マルファスは悲鳴を上げることすらできず、その場に膝をつき、失禁したまま気絶した。
「……コンプライアンス違反、および業務妨害。……強制終了ね」
私は気絶した大男を一瞥し、広場に集まっていた住民たちに向き直った。
「皆さん。お待たせしました。……ギルドが独占していた魔石は、アラン殿下の権限で即座に市場に適正価格で放出させます。……そして、この『ルベリット式ヒーター』ですが――」
私は、宿の主人――北風の止まり木亭の主人を、屋台の上に呼び寄せた。
「今日から、この『止まり木亭』を、ルベリット領・第一代理店・テッポ支店として認定します。石板のレンタルと保守は、彼に任せるわ。……利益の三割は宿の取り分。……どうかしら、店主さん? 『フランチャイズ』の契約、結んでくれる?」
「え、えええっ!? わ、私なんかが、そんな夢のような……!!」
店主が感涙に咽びながら、私の前に跪いた。
「ルベリットの聖女様……!! 女神様の申し子だ……!!」
住民たちが一斉に歓声を上げ、広場は熱狂に包まれた。
……また聖女。まあ、ブランディング戦略としてはこれ以上ない成功ね。
「(……よし。
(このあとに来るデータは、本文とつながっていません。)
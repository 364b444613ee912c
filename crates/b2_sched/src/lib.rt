//! The scheduler of an update, over numbers of steps alone.
//!
//! # What is proved
//!
//! - Each call gives the lowest step that can be looked at or started, exactly.
//! - The failed and skipped steps, and the cycle of those that are stuck, are exact.
//! - Laws join what a scheduler was told to the runs of b2_runs.
#![tactic(auto)]

mod cycles;
pub mod laws;
mod needs;
mod number_set;
mod numbers;
pub mod reach;
pub mod sched;
mod skips;
pub mod state;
テッポのエネルギー利権は確保。アランの『王族権限』の有効性も確認済み。……そして何より、最高の『導入事例(実績)』が作れたわね)」
私の脳内にある中長期ロードマップが、王都に向けて大きく進捗したのがわかった。
★
その日の昼。
宿場町を挙げた「聖女リリア」の盛大な見送りを受け、私たちは再び馬車に乗り込んだ。
車内に戻るなり、ミーナはクッションに顔を埋めて泥のように眠り始めた。
アラン王子は、死んだ魚のような目で窓の外を見つめながら、ボソリと呟いた。
「……ねえ、リリア嬢。……君は、一晩の残業で一つの街の利権を塗り替えたんだね。……王都の魔導師ギルド本部がこれを知ったら、間違いなく『戦争』になるよ……?」
「戦争? いいえ、アラン王子。――それは『市場競争』と呼ぶのよ。……さあ、次のタスクを片付けましょう。王都に到着するまでに、展示会での『プレスリリース』の下書きを終わらせてちょうだい」
「…………。……。……まだ、働くのかい…………?」
「何言ってるの。三時間寝たから、今の私は無敵よ! さあ、仕事よ!!」
「とりあえず寝させてくれ……」
「まぁいいわ……その代わり起きたらよろしくね?」
「わ、わかった……」
「…………きさま…………本当に地獄に落ちるぞ…………(ムニャムニャ)」
クロが私の膝の上で、寝言を言いながら尻尾を振った。
馬車は、雪を溶かすような熱気を纏いながら、王国の中枢――王都へと加速していく。
不眠不休の聖女、リリア・ルベリット。
彼女が次に「デバッグ」するのは、この王国の歪んだ常識そのものだった。